A temperature detection unit for setting a temperature detection level signal and a second temperature detection level signal having a lower temperature level than the first temperature detection level signal; inputting the first temperature detection level signal to an overheat protection detection signal generation unit; 2. The motor for elevator control according to claim 1, wherein a temperature detection level signal is input to a cooling fan drive detection signal generator, and a signal output from both generators is supplied to an inverter controller. Cooling control device. 3. An elevator car driving motor controlled by a driving signal from an inverter control device, an overheat protection detecting element provided on the motor, and cooling the motor,
A cooling fan controlled by a control signal from the inverter control device, and an elevator control for sending a stop signal from the inverter control device to the motor when a detection signal from the overheat protection detection element is input to the inverter control device.
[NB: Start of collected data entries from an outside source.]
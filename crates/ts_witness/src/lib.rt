//! Witnesses: a series of a box that meets a requirement shows that it excludes nothing of the box.
//!
//! The layer above may rely on this: where `holds` is true of a requirement, it is refuted at no cell of any box with
//! the series; no value of a cell up to the one that `keeps_up_to` answers is dropped by it there. So neither need be
//! asked of tables.
#![tactic(auto)]

mod asked;
pub mod laws;
mod reading;
mod run;
mod spared;
mod witness;

pub use spared::Spared;
pub use witness::Witness;
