//! What is left of a language after a letter, and the tests that read it off an expression.
//!
//! A private method goes down the expression as the definition does; the public call adds what that says of the
//! language.

ghost use Rattle.std.specs.Prelude.{◌≡◌, ◌↔◌, List, [], ◌∷◌, IfOk, IsTrue};
ghost use Rattle.ts_base.specs.declared.letter.Letter.{Letter};
ghost use Rattle.ts_regex.specs.Shape.{shape_of};
ghost use Rattle.ts_regex.specs.Language.{InLanguage};
ghost use Rattle.ts_regex.specs.Derivative.{nullable, derivative, has_word, has_longer};

use crate::regex::{Regex, alt, cat};
use std::alloc::Global;
use ts_base::{Letter, Memory};

/// Whether the empty word is in the language.
#[tactic(auto, using(crate::proofs::Laws::nullable_law))]
pub fn nullable(r: &Regex) -> bool
    ensures exact { result ≡ nullable (shape_of r.now) }
    ensures language { IsTrue result ↔ InLanguage (shape_of r.now) [] }
{
    r.accepts_empty()
}

/// Whether the language has a word.
#[tactic(auto, using(crate::proofs::Laws::has_word_law))]
pub fn has_word(r: &Regex) -> bool
    ensures exact { result ≡ has_word (shape_of r.now) }
    ensures language { IsTrue result ↔ ((w : List Letter) × InLanguage (shape_of r.now) w) }
{
    r.accepts_some()
}

/// Whether a word of at least one letter is in the language.
#[tactic(auto, using(crate::proofs::Laws::has_longer_law))]
pub fn has_longer(r: &Regex) -> bool
    ensures exact { result ≡ has_longer (shape_of r.now) }
    ensures language { IsTrue result ↔ ((l : Letter) × (w : List Letter) × InLanguage (shape_of r.now) (l ∷ w)) }
{
    r.accepts_longer()
}

/// The derivative by `l` (Brzozowski 1964): its words are those that with `l` before them are words of `r`.
#[tactic(auto, using(crate::proofs::Laws::derivative_law))]
pub fn derive(alloc: Global, r: &Regex, l: Letter) -> Result<Regex, Memory>
    ensures exact { IfOk result (λ d. shape_of d ≡ derivative (shape_of r.now) l) }
    ensures language { IfOk result (λ d. (w : List Letter) →
        InLanguage (shape_of d) w ↔ InLanguage (shape_of r.now) (l ∷ w)) }
{
    r.after(alloc, l)
}

impl Regex {
    /// Whether the empty word is a word.
    fn accepts_empty(&self) -> bool
        ensures { result ≡ nullable (shape_of self.now) }
    {
        match self {
            Regex::Empty | Regex::One(_) => false,
            Regex::Eps | Regex::Star(_) => true,
            Regex::Cat(r, s) => r.accepts_empty() && s.accepts_empty(),
            Regex::Alt(r, s) => r.accepts_empty() || s.accepts_empty(),
        }
    }

    /// Whether there is a word.
    fn accepts_some(&self) -> bool
        ensures { result ≡ has_word (shape_of self.now) }
    {
        match self {
            Regex::Empty => false,
            Regex::Eps | Regex::One(_) | Regex::Star(_) => true,
            Regex::Cat(r, s) => r.accepts_some() && s.accepts_some(),
            Regex::Alt(r, s) => r.accepts_some() || s.accepts_some(),
        }
    }

    /// Whether there is a word of at least one letter.
    fn accepts_longer(&self) -> bool
        ensures { result ≡ has_longer (shape_of self.now) }
    {
        match self {
            Regex::Empty | Regex::Eps => false,
            Regex::One(_) => true,
            Regex::Cat(r, s) => (r.accepts_longer() && s.accepts_some())
                || (r.accepts_some() && s.accepts_longer()),
            Regex::Alt(r, s) => r.accepts_longer() || s.accepts_longer(),
            Regex::Star(r) => r.accepts_longer(),
        }
    }

    /// What is left to read after `l`.
    fn after(&self, alloc: Global, l: Letter) -> Result<Regex, Memory>
        ensures { IfOk result (λ d. shape_of d ≡ derivative (shape_of self.now) l) }
    {
        match self {
            Regex::Empty | Regex::Eps => Ok(Regex::Empty),
            Regex::One(m) => Ok(if *m == l { Regex::Eps } else { Regex::Empty }),
            Regex::Cat(r, s) => {
                let first = cat(alloc, r.after(alloc, l)?, s.try_clone(alloc)?)?;
                if r.accepts_empty() {
                    alt(alloc, first, s.after(alloc, l)?)
                } else {
                    Ok(first)
                }
            }
            Regex::Alt(r, s) => alt(alloc, r.after(alloc, l)?, s.after(alloc, l)?),
            Regex::Star(r) => cat(alloc, r.after(alloc, l)?, self.try_clone(alloc)?),
        }
    }
}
In the motor cooling control device, a voltage detector and a current detector are provided on a drive signal transmission line supplied from the inverter control device to the elevator car driving motor, and signals detected by both the detectors are input to the inverter control device. To obtain the power applied to the motor, convert the integrated value of this power over the past fixed time into a motor temperature rise value, compare this temperature rise value with the set value, control the cooling fan, and cool the motor. A motor cooling control device for elevator control, wherein the control is performed. 4. An elevator car driving motor controlled by a driving signal from an inverter control device, an overheat protection detecting element provided in the motor, and cooling the motor,
A cooling fan controlled by a control signal from the inverter control device, and an elevator control for sending a stop signal from the inverter control device to the motor when a detection signal from the overheat protection detection element is input to the inverter control device. In the motor cooling control device, the current and voltage command values in the inverter control device are subjected to power calculation processing, a cooling fan is controlled with the obtained power calculation processing output, and the motor is cooled. Motor cooling control device for elevator control. 5. When an elevator car driving motor is operated by a computer using an inverter control device,
A recording medium that records a cooling fan control program for driving and stopping the cooling fan of the motor by calculating the electric power obtained by the inverter control device and the temperature rise value of the motor, wherein the control program is an inverter. Calculates electric power from the voltage and current output from the control device, calculates the motor temperature rise value using this electric power and the motor temperature time constant, and compares it with the previously recorded motor cooling fan drive / stop levels. A recording medium storing a cooling control program for an elevator control motor, wherein the cooling control is performed for the motor.